Seth Herd 9 Apr 2023 23:39 UTC
2 points
0
First, the most unique part of your comment:
However, it seems more plausible to me that there are still fundamental barriers to producing a computer/software system able to act effectively in the world. I’d see the distinction between being/seeming generically intelligent (apparent smartness), as LLMs certainly seem and acting effectively in the world as difference between drawing correct answer to complex questions 80% of the time and making seemingly simpler judgements that relate to all aspects of the world but with a 99.9..% accuracy (plus having a complex systems of effective fall-backs). Essentially the difference between ChatGPT and a self-driving car. It seems plausible to me that such goal seeking can’t easily be instilled in an LLM or similar neural net by the standard training loop even though that loop tends to produce apparent smarts and produce it better over time.
I agree that it’s hard to put the type of error-checking that humans use into a standard NN loop. That’s why having an external code loop that calls multiple networks to check markers of accuracy and effectiveness is scary and promising.
I don’t think there are fundamental barriers. Sensory and motor networks, and types of senses and actions that people don’t have, are well along.
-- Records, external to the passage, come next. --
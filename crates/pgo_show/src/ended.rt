// How an explanation ended, and what is said of it.
ghost use Rattle.std.specs.Prelude.{◌≡◌, None};
ghost use Rattle.pgo_show.specs.Makes.{IsNoBundleEnd, IsNoComponentEnd};

use crate::status::Status;
use pgo_lines::line::Line;
use pgo_lines::line::Piece::{Bytes, Number};
use std::alloc::Global;

/// The status, and the line of the error output where the status has none of its own.
#[derive(Drop)]
pub struct Ended {
    pub status: Status,
    pub line: Option<Line>,
}

impl Ended {
    /// It ended so, and its line, if there is one, is that of its status.
    pub fn as_status(status: Status) -> Ended
        ensures status { result.status ≡ status }
        ensures line { result.line ≡ None }
    {
        Ended { status, line: None }
    }

    /// The text is no bundle, and this line of it is named; or there was no memory.
    pub fn as_no_bundle(alloc: Global, line: usize) -> Ended
        ensures { IsNoBundleEnd line result.status result.line }
    {
        match Line::of(
            alloc,
            &[
                Bytes(b"pgo: bundle at line "),
                Number(line as u64),
                Bytes(b"\n"),
            ],
        ) {
            Ok(line) => Ended {
                status: Status::BadBundle,
                line: Some(line),
            },
            Err(_) => Ended::as_status(Status::NoMemory),
        }
    }
    /// This component isn't there; or there was no memory.
    pub fn as_no_component(alloc: Global, component: &[u8]) -> Ended
        ensures { IsNoComponentEnd component.now result.status result.line }
    {
        match Line::of(
            alloc,
            &[Bytes(b"pgo: no component "), Bytes(component), Bytes(b"\n")],
        ) {
            Ok(line) => Ended {
                status: Status::NoComponent,
                line: Some(line),
            },
            Err(_) => Ended::as_status(Status::NoMemory),
        }
    }
}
And the HuggingGPT work shows that they’re surprisingly easy to integrate with LLMs. That plus error-checking are how humans successfully act in the real world.
Again, or perhaps I wasn’t clear: I’m still really hopeful that this is a bigger win than a danger. The upsides for alignment are huge relative to other approaches.
By reading an agents thoughts (with assistance from simple monitoring networks), we will get warning shots as it starts to think of plans that deviate from its goals. Even if the work is proprietary, people will be able and likely eager to publish the general ways it goes off track, so that improvements can stop those gaps.
- JoeTheUser 10 Apr 2023 19:46 UTC
  1 point
  0
  Parent
  I don’t think there are fundamental barriers. Sensory and motor networks, and types of senses and actions that people don’t have, are well along. And the HuggingGPT work shows that they’re surprisingly easy to integrate with LLMs. That plus error-checking are how humans successfully act in the real world.
  I don’t think the existence of sensors is the problem. I believe that self-driving cars, a key example, have problems regardless of their sensor level. I see the key hurdle as ad-hoc action in the world. Overall, all of our knowledge about neural networks, including LLMs, is a combination of heuristic observations and mathematical and other intuitions. So I’m not certain that this hurdle won’t be overcome but I’d still like put the reasons that it could be fundamental.
  What LLMs seems to do really well is pull together pieces of information and make deductions about them. What they seem to do less well is reconciling an “outline” of a situation with the particular details involved (Something I’ve found ChatGPT reliably does badly is reconciling further detail you supply once it’s summarized a novel). A human or even an animal, is very good at interacting with complex, changing, multilayered situations that they only have a partial understanding of—especially staying within various safe zones that avoid different dangers. Driving a car is an example of this—you have a bunch of intersecting constraints that can come from a very wide range of things that can happen (but usually don’t). Slowing (or not) when you see a child’s ball go into the road is an archetypal example.
  I mean, most efforts to use deep learning in robotics have foundered on the problem that generating enough information to teach the thing to act in the world is extremely difficult. Which implies that the only way that these things can be taught to deal with a complex situation is by roughly complete modeling of it and in real world action situations, that simply may not be possible (contrast with video games or board games where summary of the rules is given and an uncertainty is “known unknowns”).
  ...having an external code loop that calls multiple networks to check markers of accuracy and effectiveness is scary and promising.
  Maybe but methods like this have been tried without neural nets for a while and haven’t by themselves demonstrated effectiveness. Of course, some code could produce AGI then nautral LLMs plus some code could produce AGI so the question is how much needs to be added.